SACRAMENTO — While less than 20 percent of California voters overall cast ballots in the June 3 primary election, rural voters flexed a bit of political muscle.

Voters in agricultural communities vaulted some of their fellow farmers — including Republican U.S. Reps. Jeff Denham of Atwater, David Valadao of Hanford and Doug LaMalfa of Richvale — to the tops of their respective fields. The top two finishers in each state and congressional race will square off in November.

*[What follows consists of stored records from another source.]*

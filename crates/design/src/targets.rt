//! Which bits targets take, and where the targets of a symbol stand.
ghost use Rattle.std.specs.Prelude.{◌≡◌, ℕ, ◌+◌, ◌-◌, ◌<◌, ◌≤◌, slice_set};
ghost use Rattle.least.specs.Each.{IsRow};
ghost use Rattle.database.specs.Rows.{target};
ghost use Rattle.control.specs.Databases.{rows_of};
ghost use Rattle.control.specs.Points.{offset};
ghost use Rattle.control.specs.Usable.{Usable};
ghost use Rattle.design.specs.Derived.{FirstNaming, in_row};

use control::Rows;
use database::{STATEMENTS, SYMBOLS, TARGETS, TargetRow};

// How many bits a target names.
fn bits_of(target: &TargetRow) -> usize
    requires forward { target.now.first ≤ target.now.last }
    requires few { target.now.last < usize.MAX }
    ensures { result ≡ target.now.last - target.now.first + 1 }
{
    target.last - target.first + 1
}

// Takes so many more bits of a statement's value, and tells which is the first of them.
fn take(taken: &mut [usize], statement: usize, bits: usize) -> usize
    requires there { IsRow taken.old statement }
    requires few { in_row taken.old statement + bits ≤ usize.MAX }
    ensures first { result ≡ in_row taken.old statement }
    ensures behind { taken.new ≡ slice_set taken.old (statement - 1) (in_row taken.old statement + bits) }
{
    let first = taken[statement - 1];
    taken[statement - 1] = first + bits;
    first
}

// Of each target the bit of its statement's value that it begins with.
pub(crate) fn offsets(rows: &Rows<'_>) -> [usize; TARGETS]
    requires { Usable (rows_of rows.now) }
    ensures { (t : ℕ) → IsRow (rows_of rows.now).targets t → in_row result t ≡ offset (rows_of rows.now) t }
{
    let mut offsets = [0; TARGETS];
    let mut taken = [0; STATEMENTS];
    for (index, target) in rows.targets.iter().enumerate() {
        offsets[index] = take(&mut taken, target.statement, bits_of(target));
    }
    offsets
}

// The targets that name the same symbol, one behind the other.
pub(crate) struct TargetChains {
    // Of each symbol the first target that names it, or 0.
    pub firsts: [usize; SYMBOLS],
    // Of each target the next one that names the same symbol, or 0.
    pub nexts: [usize; TARGETS],
}

// Puts a target before those that name its symbol, and tells which of them was the first.
fn put_first(firsts: &mut [usize], symbol: usize, target: usize) -> usize
    requires { IsRow firsts.old symbol }
    ensures next { result ≡ in_row firsts.old symbol }
    ensures first { firsts.new ≡ slice_set firsts.old (symbol - 1) target }
{
    let next = firsts[symbol - 1];
    firsts[symbol - 1] = target;
    next
}

// The targets of each symbol.
pub(crate) fn chains(rows: &Rows<'_>) -> TargetChains
    requires { Usable (rows_of rows.now) }
    ensures firsts { (y : ℕ) → IsRow (rows_of rows.now).symbols y → FirstNaming (rows_of rows.now) y 1 (in_row result.firsts y) }
    ensures nexts { (t : ℕ) → IsRow (rows_of rows.now).targets t → FirstNaming (rows_of rows.now) (target (rows_of rows.now) t).symbol (t + 1) (in_row result.nexts t) }
{
    let mut firsts = [0; SYMBOLS];
    let mut nexts = [0; TARGETS];
    for index in (0..rows.targets.len()).rev() {
        nexts[index] = put_first(&mut firsts, rows.targets[index].symbol, index + 1);
    }
    TargetChains { firsts, nexts }
}
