//! Refusals, told on the error stream.
use explain::{Spot, caret_below, line_shown, sentence};
use fault::{Layer, Refusal};
use std::io;

/// Tells why a module text is refused: line and column, in words, and the line with a caret below the place.
pub(crate) fn tell_text(
    rt: &HostRuntime,
    path: &str,
    text: &[u8],
    refusal: Refusal,
) -> io::Result<()> {
    let Refusal { number, place, .. } = refusal;
    let why = sentence(number);
    // A short table, a text that is too long and a want of memory have no place.
    if number < 3 {
        return eprintln!(rt; "{path}: {why}");
    }
    let spot = Spot::of(text, place);
    let (line, column) = (spot.line, spot.column);
    eprintln!(rt; "{path}:{line}:{column}: {why}")?;
    rt.eprintln(line_shown(rt.alloc(), text, spot)?)?;
    rt.eprintln(caret_below(rt.alloc(), text, spot)?)
}

/// Tells why a bench line is refused: its number, in words, and the line.
pub(crate) fn tell_line(
    rt: &HostRuntime,
    path: &str,
    text: &[u8],
    place: usize,
    refusal: Refusal,
) -> io::Result<()> {
    let spot = Spot::of(text, place);
    let (line, why) = (spot.line, sentence(refusal.number));
    eprintln!(rt; "{path}:{line}: {why}")?;
    rt.eprintln(line_shown(rt.alloc(), text, spot)?)
}
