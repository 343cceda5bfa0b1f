//! Where the bits of symbols stand among the points.
ghost use Rattle.std.specs.Prelude.{◌≡◌, ℕ};
ghost use Rattle.least.specs.Each.{IsRow};
ghost use Rattle.database.specs.Codes.{class_of};
ghost use Rattle.control.specs.Databases.{rows_of};
ghost use Rattle.control.specs.Points.{rank, rank_of, bits_where, base, all_bits, input_bits, held_bits};
ghost use Rattle.control.specs.Usable.{Usable};
ghost use Rattle.design.specs.Derived.{in_row};
ghost use Rattle.design.specs.Inner.{before};

use control::Rows;
use database::{SYMBOLS, class_of};
use grammar::Class;

// The place of a class in the order of points, from its code.
fn rank(class: usize) -> usize
    ensures { result ≡ rank (class_of class) }
{
    match class_of(class) {
        None => 0,
        Some(Class::Input) => 1,
        Some(Class::Memory) => 2,
        Some(Class::Bus) => 3,
        Some(Class::Output) => 4,
    }
}

// Whether a symbol has a lower rank, or that rank and a lower number.
fn is_before(rows: &Rows<'_>, place: usize, number: usize, symbol: usize) -> bool
    ensures { result ≡ before (rows_of rows.now) place number symbol }
{
    let own = rank(rows.symbol(symbol).class);
    own < place || (own == place && symbol < number)
}

// The bits of the symbols of lower ranks, and of those of that rank that have lower numbers.
fn bits_before(rows: &Rows<'_>, place: usize, number: usize) -> usize
    requires { Usable (rows_of rows.now) }
    ensures { result ≡ bits_where (rows_of rows.now) (λ z. before (rows_of rows.now) place number z) }
{
    let mut bits = 0;
    for (index, symbol) in rows.symbols.iter().enumerate() {
        if is_before(rows, place, number, index + 1) {
            bits += symbol.width;
        }
    }
    bits
}

// The first point of a symbol.
#[tactic(auto, unfolding(control::specs::Points::base))]
fn base(rows: &Rows<'_>, symbol: usize) -> usize
    requires { Usable (rows_of rows.now) }
    ensures { result ≡ base (rows_of rows.now) symbol }
{
    bits_before(rows, rank(rows.symbol(symbol).class), symbol)
}

// Of each symbol its first point.
pub(crate) fn bases(rows: &Rows<'_>) -> [usize; SYMBOLS]
    requires { Usable (rows_of rows.now) }
    ensures { (y : ℕ) → IsRow (rows_of rows.now).symbols y → in_row result y ≡ base (rows_of rows.now) y }
{
    let mut bases = [0; SYMBOLS];
    for index in 0..rows.symbols.len() {
        bases[index] = base(rows, index + 1);
    }
    bases
}

// The bits of the inputs.
pub(crate) fn input_bits(rows: &Rows<'_>) -> usize
    requires { Usable (rows_of rows.now) }
    ensures { result ≡ input_bits (rows_of rows.now) }
{
    bits_before(rows, 2, 0)
}

// The bits of inputs and memory.
pub(crate) fn held_bits(rows: &Rows<'_>) -> usize
    requires { Usable (rows_of rows.now) }
    ensures { result ≡ held_bits (rows_of rows.now) }
{
    bits_before(rows, 3, 0)
}

// The bits of all symbols.
pub(crate) fn all_bits(rows: &Rows<'_>) -> usize
    requires { Usable (rows_of rows.now) }
    ensures { result ≡ all_bits (rows_of rows.now) }
{
    bits_before(rows, 5, 0)
}
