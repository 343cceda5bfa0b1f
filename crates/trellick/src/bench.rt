//! Bench lines, played and printed.
ghost use Rattle.std.specs.Prelude.{◌<◌, ◌≤◌, length};

use crate::telling::tell_line;
use engine::{Engine, HELD_ROWS, WORKING_ROWS};
use fault::Fault;
use level::{Letter, Ternary};
use lines::{LEAST_OUTPUT, LineFault, name_line, play_line};
use std::io;
use std::io::{BufWriter, Write};
use std::process::ExitCode;

/// What is not known yet.
const UNKNOWN: Ternary = Ternary(Letter::Unknown);

// Where the line ends that begins at a place, behind the byte that ends it.
fn line_end(text: &[u8], place: usize) -> usize
    requires { place ≤ length text.now }
    ensures within { result ≤ length text.now }
    ensures further { place < length text.now → place < result }
{
    for at in place..text.len() {
        if text[at] == b'\n' {
            return at + 1;
        }
    }
    text.len()
}

// Prints what a line printed, or why it was refused.
fn print_line(
    printer: &mut impl Write,
    output: &[u8],
    played: Result<usize, LineFault>,
) -> io::Result<()> {
    match played {
        Ok(count) => printer.write_all(output.get(..count).unwrap_or_default()),
        Err(fault) => writeln!(printer, "{fault}"),
    }
}

/// Plays the lines of a text, all registers opened at X, and prints what comes of them.
pub(crate) fn play_lines(
    rt: &HostRuntime,
    engine: &Engine<'_>,
    path: &str,
    text: &[u8],
) -> anyhow::Result<ExitCode> {
    let mut held = vec![in rt.alloc(); UNKNOWN; HELD_ROWS]?;
    let mut work = vec![in rt.alloc(); UNKNOWN; WORKING_ROWS]?;
    let mut output = vec![in rt.alloc(); 0; LEAST_OUTPUT]?;
    let registers = vec![in rt.alloc(); UNKNOWN; engine.design().register_bits()]?;
    engine.open(registers.as_slice(), held.as_mut_slice(), work.as_slice())?;
    let mut printer = BufWriter::new(rt.alloc(), io::writer(rt))?;
    let mut place = 0;
    let mut end = line_end(text, place);
    let mut played = name_line(engine.design(), &text[..end], output.as_mut_slice());
    print_line(&mut printer, output.as_slice(), played)?;
    while played.is_ok() && end < text.len() {
        place = end;
        end = line_end(text, place);
        played = play_line(
            engine,
            &text[place..end],
            held.as_mut_slice(),
            work.as_mut_slice(),
            output.as_mut_slice(),
        );
        print_line(&mut printer, output.as_slice(), played)?;
    }
    printer.flush()?;
    match played {
        Ok(_) => Ok(ExitCode::SUCCESS),
        Err(fault) => {
            tell_line(rt, path, text, place, fault.refusal())?;
            Ok(ExitCode::FAILURE)
        }
    }
}
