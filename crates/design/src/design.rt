//! A database whose rows were found sound.
ghost use Rattle.std.specs.Prelude.{◌≡◌, ◌+◌, ◌==◌, length, Some, IfOk, IfErr};
ghost use Rattle.std.proofs.Props.{props};
ghost use Rattle.least.specs.Each.{IsRow};
ghost use Rattle.database.specs.Rows.{Database, target};
ghost use Rattle.database.specs.Soundness.{Sound};
ghost use Rattle.control.specs.Databases.{rows_of, Hold};
ghost use Rattle.control.specs.Points.{rank, rank_of, base, offset, input_bits, held_bits, all_bits, register_bits, point_count};
ghost use Rattle.control.specs.Usable.{Usable, made_prop};
ghost use Rattle.design.specs.Derived.{FirstNaming, in_row, Placed};

use crate::places::Places;
use crate::sound::is_sound;
use crate::used::rows_in_use;
use control::Rows;
use database::class_code;
use grammar::Class;

/// Why a database is not taken: its rows are not sound.
#[derive(Clone, Copy, PartialEq, Eq, Debug)]
pub struct Unsound;

/// A sound database, lent: the rows in use, which nobody can change while they are lent, and what is reckoned of them once.
#[derive(Drop)]
pub struct Design<'a> {
    text: &'a [u8],
    rows: Rows<'a>,
    places: Places,
    pub ghost sound: { ∥ Sound (length text.now) (rows_of rows) ∥₁ },
    pub ghost usable: { Usable (rows_of rows) } by { Prim.hlevel (props, made_prop) },
    pub ghost placed: { Placed (rows_of rows) places } by { Prim.hlevel props },
}

impl<'a> Design<'a> {
    /// The design of the rows that the tables hold, with zero rows behind them, whatever their lengths. It is refused if what they hold is
    /// not a sound database whose names are parts of the text.
    pub fn new(text: &'a [u8], tables: Rows<'a>) -> Result<Design<'a>, Unsound>
        ensures taken { IfOk result (λ d. Sound (length text.now) (rows_of d.rows) × Hold (rows_of d.rows) (rows_of tables.entry)) }
        ensures text { IfOk result (λ d. d.text.now ≡ text.now) }
        ensures same { IfOk result (λ r. (d : Database) → Sound (length text.now) d → Hold d (rows_of tables.entry) → rows_of r.rows ≡ d) }
        ensures refused { IfErr result (λ _. (d : Database) → Sound (length text.now) d → Hold d (rows_of tables.entry) → ⊥) }
    {
        let rows = rows_in_use(&tables);
        if !is_sound(&rows, text.len()) {
            return Err(Unsound);
        }
        let places = Places::of(&rows);
        Ok(Design { text, rows, places })
    }

    /// The text that names symbols.
    pub fn text(&self) -> &'a [u8]
        ensures { result.now ≡ self.now.text.now }
    {
        self.text
    }

    /// The rows in use.
    pub fn rows(&self) -> Rows<'a>
        ensures { result ≡ self.now.rows }
    {
        self.rows
    }

    /// Whether a symbol is of a class.
    pub fn is_of_class(&self, symbol: usize, class: Class) -> bool
        ensures { result ≡ (rank_of (rows_of self.now.rows) symbol == rank (Some class)) }
    {
        let row = self.rows.symbol(symbol);
        row.class == class_code(class)
    }

    /// The bits of the inputs.
    pub fn input_bits(&self) -> usize
        ensures { result ≡ input_bits (rows_of self.now.rows) }
    {
        self.places.input_bits
    }

    /// The bits of inputs and memory.
    pub fn held_bits(&self) -> usize
        ensures { result ≡ held_bits (rows_of self.now.rows) }
    {
        self.places.held_bits
    }

    /// The bits of the memory.
    #[tactic(auto, using(crate::proofs::BitCounts::inputs_within))]
    pub fn register_bits(&self) -> usize
        ensures { result ≡ register_bits (rows_of self.now.rows) }
    {
        self.held_bits() - self.input_bits()
    }

    /// How many points there are: the bits of all symbols, and the steps.
    pub fn point_count(&self) -> usize
        ensures { result ≡ point_count (rows_of self.now.rows) }
    {
        self.all_bits() + self.rows.steps.len()
    }

    /// The bits of all symbols.
    pub fn all_bits(&self) -> usize
        ensures { result ≡ all_bits (rows_of self.now.rows) }
    {
        self.places.all_bits
    }

    /// The first point of a symbol.
    pub fn base(&self, symbol: usize) -> usize
        requires row { IsRow (rows_of self.now.rows).symbols symbol }
        ensures { IsRow (rows_of self.now.rows).symbols symbol → result ≡ base (rows_of self.now.rows) symbol }
    {
        in_row(&self.places.bases, symbol)
    }

    /// The first target that names a symbol, or 0 if none does.
    pub fn first_target(&self, symbol: usize) -> usize
        requires row { IsRow (rows_of self.now.rows).symbols symbol }
        ensures { IsRow (rows_of self.now.rows).symbols symbol → FirstNaming (rows_of self.now.rows) symbol 1 result }
    {
        in_row(&self.places.firsts, symbol)
    }

    /// The next target that names the same symbol as this one, or 0 if none does.
    pub fn next_target(&self, n: usize) -> usize
        requires row { IsRow (rows_of self.now.rows).targets n }
        ensures { IsRow (rows_of self.now.rows).targets n → FirstNaming (rows_of self.now.rows) (target (rows_of self.now.rows) n).symbol (n + 1) result }
    {
        in_row(&self.places.nexts, n)
    }

    /// The bit of its statement's value that a target begins with.
    pub fn offset(&self, n: usize) -> usize
        requires row { IsRow (rows_of self.now.rows).targets n }
        ensures { IsRow (rows_of self.now.rows).targets n → result ≡ offset (rows_of self.now.rows) n }
    {
        in_row(&self.places.offsets, n)
    }
}

// The number that stands in the row of that number.
fn in_row(numbers: &[usize], n: usize) -> usize
    requires row { IsRow numbers.now n }
    ensures { result ≡ in_row numbers.now n }
{
    numbers[n - 1]
}
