//! Plays the bench lines `lines.txt` on the module text `module.ahpl`, both in the folder that it is run in or in the one that it is
//! given.
#![tactic(auto)]

mod arguments;
mod bench;
mod telling;

use anyhow::Context;
use arguments::{Asked, HELP, read_arguments};
use bench::play_lines;
use engine::Engine;
use fault::Fault;
use listing::Kept;
use playing::rows;
use std::fs;
use std::process::ExitCode;
use telling::tell_text;
use text::Reader;

fn play(rt: &HostRuntime, folder: &str) -> anyhow::Result<ExitCode> {
    let path = format!(in rt.alloc(); "{folder}/module.ahpl")?;
    let text = fs::read(rt, path.as_str()).context(path.as_str())?;
    let mut reader = Reader::new(rt.alloc())?;
    let mut kept = Kept::filled(rt.alloc(), 0)?;
    if let Err(fault) = kept.read(&mut reader, text.as_slice()) {
        rt.println(fault)?;
        tell_text(rt, path.as_str(), text.as_slice(), fault.refusal())?;
        return Ok(ExitCode::FAILURE);
    }
    let path = format!(in rt.alloc(); "{folder}/lines.txt")?;
    let lines = fs::read(rt, path.as_str()).context(path.as_str())?;
    let engine = Engine::new(text.as_slice(), rows(&kept))?;
    play_lines(rt, &engine, path.as_str(), lines.as_slice())
}

fn main(rt: HostRuntime) -> anyhow::Result<ExitCode> {
    match read_arguments(&rt)? {
        Asked::Help => {
            rt.println(HELP)?;
            Ok(ExitCode::SUCCESS)
        }
        Asked::Play(folder) => play(&rt, folder.as_str()),
        Asked::Unknown => {
            rt.eprintln(HELP)?;
            Ok(ExitCode::from(2))
        }
    }
}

Rural residents also gave Republicans a modicum of life in the Democrat-dominated state, producing fall runoff races that will give the GOP a chance to end their rivals’ legislative supermajority and even take a statewide office or two, noted Casey Gudel, the California Farm Bureau Federation’s manager of political affairs.

“It (the turnout) shows why it’s so important for farmers and ranchers to get out in these areas,” Gudel said. She pointed to the state controller’s race, in which Fresno Mayor Ashley Swearengin was the top vote-getter and fellow Republican David Evans holds a slight lead for the second spot.

“In a low-turnout election, when those rural voters can get out we have opportunities,” she said.

A divided state government is better for agriculture, agreed Billy Gatlin, the California Cattlemen’s Association’s executive vice president.

“We work very well with many Democrats, and we work well with many Republicans,” Gatlin said. “But any time one party has that two-thirds majority it causes some concerns. I think agriculture, the business community and everyone in general does better when there’s a certain level of debate in the Legislature … and it’s not just one party pushing a single agenda.”

Of the 37 state Assembly candidates the CCA contributed to, 34 won their races, Gatlin said. Likewise, 13 of the 14 state Senate hopefuls backed by CCA won, he said.

Among the individual races in California that were of interest to farm groups:

• Rice grower LaMalfa, almond farmer Denham and dairyman Valadao all won handily and will face Democrats in the general election. Democratic Rep. Jim Costa of Fresno, a member of the House of Representatives Agriculture Committee, carried a six-person field with 44 percent of the vote and will face the GOP’s Johnny Tacherra in the fall.

• In legislative races, state Sens. Anthony Cannella, R-Ceres, and Andy Vidak, R-Hanford, will face rematches with their Democratic opponents after beating them with more than 60 percent of the vote. The two have authored legislation for a November water bond that prioritizes water storage.

In the Assembly, Lassen County farmer Brian Dahle appears likely to be re-elected after winning with nearly 70 percent of the vote. Republican Assemblyman Frank Bigelow, a past Madera County Cattlemen’s Association president, is unopposed for re-election.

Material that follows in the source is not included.